#### REQUIREMENT
Every line from the start of the listing below through the line that contains "rows: &[Row]) -> AlarmState" is to be reproduced word for word.

..........

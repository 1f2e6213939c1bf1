//! The states of an alarm.

ghost use Rattle.std.specs.Prelude.{◌≡◌};
ghost use Rattle.alarm.specs.AlarmState.{breaches_in, state_with, alarm_state_of, alarm_state_name};

use crate::minute::satisfies;
use metric_window::Row;
use queue_config::AlarmRule;

/// The state of an alarm, as CloudWatch names them.
#[derive(Clone, Copy, Debug, PartialEq, Eq)]
pub enum AlarmState {
    /// INSUFFICIENT_DATA: the queue has not been there for as many minutes as the rule looks at.
    InsufficientData,
    /// OK.
    Okay,
    /// ALARM: enough of the minutes that the rule looks at satisfy it.
    Alarm,
}

impl AlarmState {
    /// The state as it is written, in the words of CloudWatch (`StateValue`).
    pub fn name(self) -> &'static str
        ensures { result.now ≡ alarm_state_name self }
    {
        match self {
            AlarmState::InsufficientData => "INSUFFICIENT_DATA",
            AlarmState::Okay => "OK",
            AlarmState::Alarm => "ALARM",
        }
    }
}

/// How many of the minutes are breaches of the rule.
pub fn breaches_in(rule: &AlarmRule, rows: &[Row]) -> usize
    ensures { result ≡ breaches_in rule.now rows.now }
{
    rows.iter().filter(|row| satisfies(rule, row)).count()
}

/// The state of a rule. `complete` is how many minutes are over since the queue's creation, and
/// `breaching` how many breaches are among the last of them, as many as the rule looks at. Fewer
/// complete minutes than that are not enough data. That the states come so is this project's own choice.
pub fn state_with(rule: &AlarmRule, complete: u64, breaching: u64) -> AlarmState
    ensures { result ≡ state_with rule.now complete breaching }
{
    if complete < u64::from(rule.minutes) {
        AlarmState::InsufficientData
    } else if u64::from(rule.breaches) <= breaching {
        AlarmState::Alarm
    } else {
        AlarmState::Okay
    }
}

/// The same, where `rows` are those of the last minutes, as many as the rule looks at.
pub fn alarm_state_of(rule: &AlarmRule, complete: u64, rows: &[Row]) -> AlarmState
    ensures { result ≡ alarm_state_of rule.now complete rows.now }
{
    state_with(rule, complete, breaches_in(rule, rows) as u64)
}
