//! The alarm of one rule, minute by minute.

ghost use Rattle.std.specs.Prelude.{◌≡◌, IfOk};
ghost use Rattle.std.specs.Option.{option_to_list};
ghost use Rattle.alarm.specs.KeptAlarm.{new_alarm, with_minute, breaches_of, kept_state};

use crate::minute::satisfies;
use crate::state::{AlarmState, state_with};
use circular_buffer::HeapCircularBuffer;
use message::QueueName;
use metric_window::Row;
use queue_config::AlarmRule;
use std::alloc::{AllocError, Global};
use std::marker::Model;

/// The alarm of one rule, which is told each minute of a queue when it is over, one after another. It
/// keeps whether the last minutes were breaches, as many as the rule looks at, and no rows.
#[derive(Debug, Drop)]
pub struct Alarm {
    rule: AlarmRule,
    judged: HeapCircularBuffer<bool>,
    /// How many of the minutes that are kept were breaches.
    breaches: u64,
}

impl Model for Alarm {
    ghost use Rattle.std.specs.Prelude.{◌≡◌};
    ghost use Rattle.alarm.specs.KeptAlarm.{KeptAlarm, breaches_of};

    ghost Value = { KeptAlarm };

    ghost view = { λ a. record { rule = a.rule; judged = a.judged.items } };

    ghost invariant = { λ a. (a.judged.capacity ≡ a.rule.minutes) × (a.breaches ≡ breaches_of a.judged.items) };
}

impl Alarm {
    /// The alarm of a queue that was created in the minute that is not over. It takes the memory for all
    /// minutes that the rule looks at, and is the only call that takes any.
    pub fn new(alloc: Global, rule: AlarmRule) -> Result<Alarm, AllocError>
        ensures { IfOk result (λ alarm. alarm ≡ new_alarm rule) }
    {
        let judged = HeapCircularBuffer::with_capacity(alloc, usize::from(rule.minutes))?;
        Ok(Alarm {
            rule,
            judged,
            breaches: 0,
        })
    }

    /// Judges one minute more. That it follows the one before is for the caller to see to: the minute that
    /// the row itself names isn't looked at.
    pub fn minute_closed(&mut self, row: &Row)
        ensures { self.new ≡ with_minute self.old row.now }
    {
        let is_breach = satisfies(&self.rule, row);

        // Its clause says that the minutes are within it, so the sum below cannot overflow.
        let _minutes = self.judged.capacity();
        let before = self.judged.push_back(is_breach);
        self.breaches = self.breaches + breaches_of(Some(is_breach)) - breaches_of(before);
    }

    /// The state after the minutes that it was told.
    pub fn state(&self) -> AlarmState
        ensures { result ≡ kept_state self.now }
    {
        state_with(&self.rule, self.judged.len() as u64, self.breaches)
    }

    /// The name of the rule.
    pub fn name(&self) -> QueueName
        ensures { result ≡ self.now.rule.name }
    {
        self.rule.name
    }
}

/// What a minute, where there is one, adds to the breaches.
fn breaches_of(judged: Option<bool>) -> u64
    ensures { result ≡ breaches_of (option_to_list judged) }
{
    match judged {
        Some(true) => 1,
        Some(false) | None => 0,
    }
}
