//! Cells that hold hints: one that does not exist reads as 0, and a write to it is dropped.
ghost use Rattle.std.specs.Prelude.{◌≡◌, slice_index};

/// Stands behind the last node of a queue or a list.
pub(crate) const END: u32 = u32::MAX;

/// So many numbers fit a cell.
pub(crate) const CELL: u64 = u32::MAX as u64 + 1;

/// The number in a cell, or 0.
pub(crate) fn get(cells: &[u32], at: usize) -> u32
    ensures { result ≡ slice_index cells.now at }
{
    if at < cells.len() { cells[at] } else { 0 }
}

/// Sets a cell.
pub(crate) fn put(cells: &mut [u32], at: usize, number: u32) {
    if at < cells.len() {
        cells[at] = number;
    }
}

..........

#### SOLUTION BELOW
repository 1f2e6213939c1bf1
//! The states of an alarm.

ghost use Rattle.std.specs.Prelude.{◌≡◌};
ghost use Rattle.alarm.specs.AlarmState.{breaches_in, state_with, alarm_state_of, alarm_state_name};

use crate::minute::satisfies;
use metric_window::Row;
use queue_config::AlarmRule;

/// The state of an alarm, as CloudWatch names them.
#[derive(Clone, Copy, Debug, PartialEq, Eq)]
pub enum AlarmState {
    /// INSUFFICIENT_DATA: the queue has not been there for as many minutes as the rule looks at.
    InsufficientData,
    /// OK.
    Okay,
    /// ALARM: enough of the minutes that the rule looks at satisfy it.
    Alarm,
}

impl AlarmState {
    /// The state as it is written, in the words of CloudWatch (`StateValue`).
    pub fn name(self) -> &'static str
        ensures { result.now ≡ alarm_state_name self }
    {
        match self {
            AlarmState::InsufficientData => "INSUFFICIENT_DATA",
            AlarmState::Okay => "OK",
            AlarmState::Alarm => "ALARM",
        }
    }
}

/// How many of the minutes are breaches of the rule.
pub fn breaches_in(rule: &AlarmRule, rows: &[Row]) -> usize
    ensures { result ≡ breaches_in rule.now rows.now }
{
    rows.iter().filter(|row| satisfies(rule, row)).count()
}

/// The state of a rule. `complete` is how many minutes are over since the queue's creation, and
/// `breaching` how many breaches are among the last of them, as many as the rule looks at. Fewer
/// complete minutes than that are not enough data. That the states come so is this project's own choice.
pub fn state_with(rule: &AlarmRule, complete: u64, breaching: u64) -> AlarmState
    ensures { result ≡ state_with rule.now complete breaching }
{
    if complete < u64::from(rule.minutes) {
        AlarmState::InsufficientData
    } else if u64::from(rule.breaches) <= breaching {
        AlarmState::Alarm
    } else {
        AlarmState::Okay
    }
}

/// The same, where `rows` are those of the last minutes, as many as the rule looks at.
pub fn alarm_state_of(rule: &AlarmRule, complete: u64, rows: &[Row]) -> AlarmState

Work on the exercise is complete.